Richard Wayne Penniman

09 Jun

The one. The only. The incomparable Georgia Peach.


The genesis of Rock & Roll really started with Little Richard’s Tutti Frutti in 1955. While LR is primarily recognized today for his flamboyant style and great “isms”, he WAS the originator. Born in 1932 in Macon, Georgia, Richard was one of 12 children and heavily influenced by the gospel music of his rich church life. As a child, his favorite artists were Mahalia Jackson and Sister Rosetta Thorpe. He sang with his family as The Penniman Singers, touring local churches and revivals. He joined Thorpe onstage in Macon at the age of 13, in 1945 after she heard him singing before the concert. As a teenager, his piano playing was greatly shaped by a traveling musician named Esquerita, who apparently influenced his persona, as well. He left home at 15 to dance in Sugarfoot Sam’s Minstrel Show.
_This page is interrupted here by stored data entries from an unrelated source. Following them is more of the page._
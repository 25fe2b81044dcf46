//! Writing a package.
ghost use Rattle.std.specs.Prelude.{◌≡◌, ◌≤◌, ◌++◌, ◌∷◌, [], length, map, string_bytes, IfOk, IfErr, OnErr};
ghost use Rattle.std.specs.Prelude.{OnOk, Some};
ghost use Rattle.dist_types.specs.Cause.{Rose};
ghost use Rattle.path_pkg.specs.Outline.{record_at, written_order, PutsFrames, PutsPackage};
ghost use Rattle.path_pkg.specs.Told.{WhereTold};
ghost use Rattle.path_pkg.specs.Written.{piece_at, pieces, texts_of, EntriesFit, Puts, PutsPieces, Writes};
ghost use Rattle.path_pkg.specs.Records.{RecordsFit};

use crate::fault::PackError;
use crate::framed::{END, dir_frame, file_head, link_frame};
use crate::record::Record;
use crate::sorted::{Entries, sorted};
use crate::tree::Tree;
use dist_types::sink::{Sink, write_all};
use std::alloc::{AllocError, Global};

fn write<W: Sink>(out: &mut W, bytes: &[u8]) -> Result<(), PackError>
    ensures puts { Puts result bytes.now (W.held out.old) (W.held out.new) }
    ensures err { IfErr result (λ e. e ≡ PackError.SinkFault) }
    ensures steady { OnOk result (W.faults out.new ≡ W.faults out.old) }
    ensures later { W.faults out.old ≤ W.faults out.new }
    ensures cause { OnErr result (Rose (W.faults out.old) (W.faults out.new)) }
{
    match write_all(out, bytes) {
        Ok(()) => Ok(()),
        Err(_) => Err(PackError::SinkFault),
    }
}

/// Writes one piece after another.
#[tactic(auto, using(crate::proofs::WrittenLemmas::puts_then, crate::proofs::WrittenLemmas::began_front))]
fn write_both<W: Sink>(out: &mut W, first: &[u8], second: &[u8]) -> Result<(), PackError>
    ensures puts { Puts result (first.now ++ second.now) (W.held out.old) (W.held out.new) }
    ensures err { IfErr result (λ e. e ≡ PackError.SinkFault) }
    ensures steady { OnOk result (W.faults out.new ≡ W.faults out.old) }
    ensures later { W.faults out.old ≤ W.faults out.new }
    ensures cause { OnErr result (Rose (W.faults out.old) (W.faults out.new)) }
{
    match write(out, first) {
        Ok(()) => write(out, second),
        Err(fault) => Err(fault),
    }
}

/// The path of what is packed under a path.
fn rooted(alloc: Global, path: &str) -> Result<String, AllocError>
    ensures { IfOk result (λ s. string_bytes s ≡ 47 ∷ path.now) }
{
    let mut rooted = String::from_str(alloc, "/")?;
    rooted.push_str(path)?;
    Ok(rooted)
}

/// Reads a file and writes its record.
#[tactic(auto, using(crate::proofs::WrittenLemmas::began_none, crate::proofs::WrittenLemmas::unwritten, crate::proofs::WrittenLemmas::unread, crate::proofs::OutlineLemmas::no_frames))]
fn write_file<T: Tree, W: Sink>(
    alloc: Global,
    tree: &mut T,
    out: &mut W,
    path: &str,
) -> Result<(), PackError>
    requires { length path.now ≤ 65535 }
    ensures puts { WhereTold (T.told tree.old)
        (λ t. PutsPieces result (piece_at t 1 (path.now, []) ∷ []) (W.held out.old) (W.held out.new)) }
    ensures outline { PutsFrames result (Record.File path.now ∷ []) (W.held out.old) (W.held out.new) }
    ensures writes { Writes result (T.told tree.old) (T.told tree.new) (W.faults out.old) (W.faults out.new) }
{
    let rooted = rooted(alloc, path)?;
    let content = tree.read(rooted.as_str())?;
    let head = file_head(alloc, path.as_bytes(), &content)?;
    write_both(out, &head, &content)
}

/// Writes the record of one entry.
#[tactic(auto, using(crate::proofs::WrittenLemmas::began_none, crate::proofs::WrittenLemmas::unwritten, crate::proofs::OutlineLemmas::no_frames))]
fn write_frame<T: Tree, W: Sink>(
    alloc: Global,
    tree: &mut T,
    out: &mut W,
    rank: u8,
    path: &str,
    target: &str,
) -> Result<(), PackError>
    requires path { length path.now ≤ 65535 }
    requires target { length target.now ≤ 65535 }
    ensures puts { WhereTold (T.told tree.old)
        (λ t. PutsPieces result (piece_at t rank (path.now, target.now) ∷ []) (W.held out.old)
        (W.held out.new)) }
    ensures outline { PutsFrames result (record_at rank (path.now, target.now) ∷ []) (W.held out.old)
        (W.held out.new) }
    ensures writes { Writes result (T.told tree.old) (T.told tree.new) (W.faults out.old) (W.faults out.new) }
{
    if rank == 0 {
        let frame = dir_frame(alloc, path.as_bytes())?;
        return write(out, &frame);
    }
    if rank == 1 {
        return write_file(alloc, tree, out, path);
    }
    let frame = link_frame(alloc, path.as_bytes(), target.as_bytes())?;
    write(out, &frame)
}

/// Writes the records of one kind.
#[tactic(auto, using(crate::proofs::WrittenLemmas::began_none, crate::proofs::WrittenLemmas::unwritten, crate::proofs::OutlineLemmas::no_frames, crate::proofs::OutlineLemmas::none_so_far, crate::proofs::GroupLemmas::none_done))]
fn write_group<T: Tree, W: Sink>(
    alloc: Global,
    tree: &mut T,
    out: &mut W,
    rank: u8,
    entries: &Entries,
) -> Result<(), PackError>
    requires { EntriesFit (texts_of entries.now.entries) }
    ensures puts { WhereTold (T.told tree.old)
        (λ t. PutsPieces result (map (piece_at t rank) (texts_of entries.now.entries)) (W.held out.old)
        (W.held out.new)) }
    ensures outline { PutsFrames result (map (record_at rank) (texts_of entries.now.entries)) (W.held out.old)
        (W.held out.new) }
    ensures writes { Writes result (T.told tree.old) (T.told tree.new) (W.faults out.old) (W.faults out.new) }
{
    for (path, target) in entries {
        match write_frame(alloc, tree, out, rank, path.as_str(), target.get()) {
            Ok(()) => {}
            Err(fault) => return Err(fault),
        }
    }
    Ok(())
}

/// Writes the links and the byte at the end.
#[tactic(auto, using(crate::proofs::OutlineLemmas::end_package, crate::proofs::OutlineLemmas::stopped_end))]
fn write_links<T: Tree, W: Sink>(
    alloc: Global,
    tree: &mut T,
    out: &mut W,
    links: &Entries,
) -> Result<(), PackError>
    requires { EntriesFit (texts_of links.now.entries) }
    ensures puts { WhereTold (T.told tree.old)
        (λ t. PutsPieces result (map (piece_at t 2) (texts_of links.now.entries) ++ Some (69 ∷ []) ∷ [])
        (W.held out.old) (W.held out.new)) }
    ensures outline { PutsPackage result (map (record_at 2) (texts_of links.now.entries)) (W.held out.old)
        (W.held out.new) }
    ensures writes { Writes result (T.told tree.old) (T.told tree.new) (W.faults out.old) (W.faults out.new) }
{
    match write_group(alloc, tree, out, 2, links) {
        Ok(()) => write(out, &[END]),
        Err(fault) => Err(fault),
    }
}

/// Writes the files, the links and the byte at the end.
#[tactic(auto, using(crate::proofs::OutlineLemmas::then_package, crate::proofs::OutlineLemmas::stopped_package))]
fn write_files<T: Tree, W: Sink>(
    alloc: Global,
    tree: &mut T,
    out: &mut W,
    files: &Entries,
    links: &Entries,
) -> Result<(), PackError>
    requires files { EntriesFit (texts_of files.now.entries) }
    requires links { EntriesFit (texts_of links.now.entries) }
    ensures puts { WhereTold (T.told tree.old)
        (λ t. PutsPieces result (map (piece_at t 1) (texts_of files.now.entries) ++
        (map (piece_at t 2) (texts_of links.now.entries) ++ Some (69 ∷ []) ∷ [])) (W.held out.old)
        (W.held out.new)) }
    ensures outline { PutsPackage result (map (record_at 1) (texts_of files.now.entries) ++ map (record_at 2)
        (texts_of links.now.entries)) (W.held out.old) (W.held out.new) }
    ensures writes { Writes result (T.told tree.old) (T.told tree.new) (W.faults out.old) (W.faults out.new) }
{
    match write_group(alloc, tree, out, 1, files) {
        Ok(()) => write_links(alloc, tree, out, links),
        Err(fault) => Err(fault),
    }
}

/// Writes the directories, the files, the links and the byte at the end.
#[tactic(auto, using(crate::proofs::OutlineLemmas::then_package, crate::proofs::OutlineLemmas::stopped_package))]
fn write_entries<T: Tree, W: Sink>(
    alloc: Global,
    tree: &mut T,
    out: &mut W,
    dirs: &Entries,
    files: &Entries,
    links: &Entries,
) -> Result<(), PackError>
    requires dirs { EntriesFit (texts_of dirs.now.entries) }
    requires files { EntriesFit (texts_of files.now.entries) }
    requires links { EntriesFit (texts_of links.now.entries) }
    ensures puts { WhereTold (T.told tree.old)
        (λ t. PutsPieces result (map (piece_at t 0) (texts_of dirs.now.entries) ++
        (map (piece_at t 1) (texts_of files.now.entries) ++
        (map (piece_at t 2) (texts_of links.now.entries) ++ Some (69 ∷ []) ∷ []))) (W.held out.old)
        (W.held out.new)) }
    ensures outline { PutsPackage result
        (map (record_at 0) (texts_of dirs.now.entries) ++
        (map (record_at 1) (texts_of files.now.entries) ++ map (record_at 2) (texts_of links.now.entries)))
        (W.held out.old) (W.held out.new) }
    ensures writes { Writes result (T.told tree.old) (T.told tree.new) (W.faults out.old) (W.faults out.new) }
{
    match write_group(alloc, tree, out, 0, dirs) {
        Ok(()) => write_files(alloc, tree, out, files, links),
        Err(fault) => Err(fault),
    }
}

/// Writes the framed list of a package.
#[tactic(auto, using(crate::proofs::WrittenLemmas::began_none, crate::proofs::WrittenLemmas::unwritten, crate::proofs::OutlineLemmas::no_package))]
pub(crate) fn write_package<T: Tree, W: Sink>(
    alloc: Global,
    tree: &mut T,
    out: &mut W,
    records: &[Record],
) -> Result<(), PackError>
    requires { RecordsFit records.now }
    ensures puts { WhereTold (T.told tree.old)
        (λ t. PutsPieces result (pieces t records.now) (W.held out.old) (W.held out.new)) }
    ensures outline { PutsPackage result (written_order records.now) (W.held out.old) (W.held out.new) }
    ensures writes { Writes result (T.told tree.old) (T.told tree.new) (W.faults out.old) (W.faults out.new) }
{
    let dirs = sorted(alloc, records, 0)?;
    let files = sorted(alloc, records, 1)?;
    let links = sorted(alloc, records, 2)?;
    write_entries(alloc, tree, out, &dirs, &files, &links)
}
In 1951, at 18, Richard won a talent contest in Atlanta and was awarded a recording contract with Peacock Records. However, in 1952, his father was murdered causing him to return to Macon. There, he played the Tick Tock Club at night and washed dishes at the Greyhound Bus Station during the day. At the Tick Tock, he came to the attention of Bill Wright, a New Orleans blues singer. In 1955, he sent a demo tape to Specialty Records who put him in the hands of Bumps Blackwell, the man that had mentored Ray Charles and Quincy Jones. During a break at one of the recording sessions, Little Richard banged around the piano, playing Tutti Frutti with slightly more risque’ lyrics. The producer immediately put down the track and Tutti Frutti became LR’s first hit and Rock & Roll’s initial template.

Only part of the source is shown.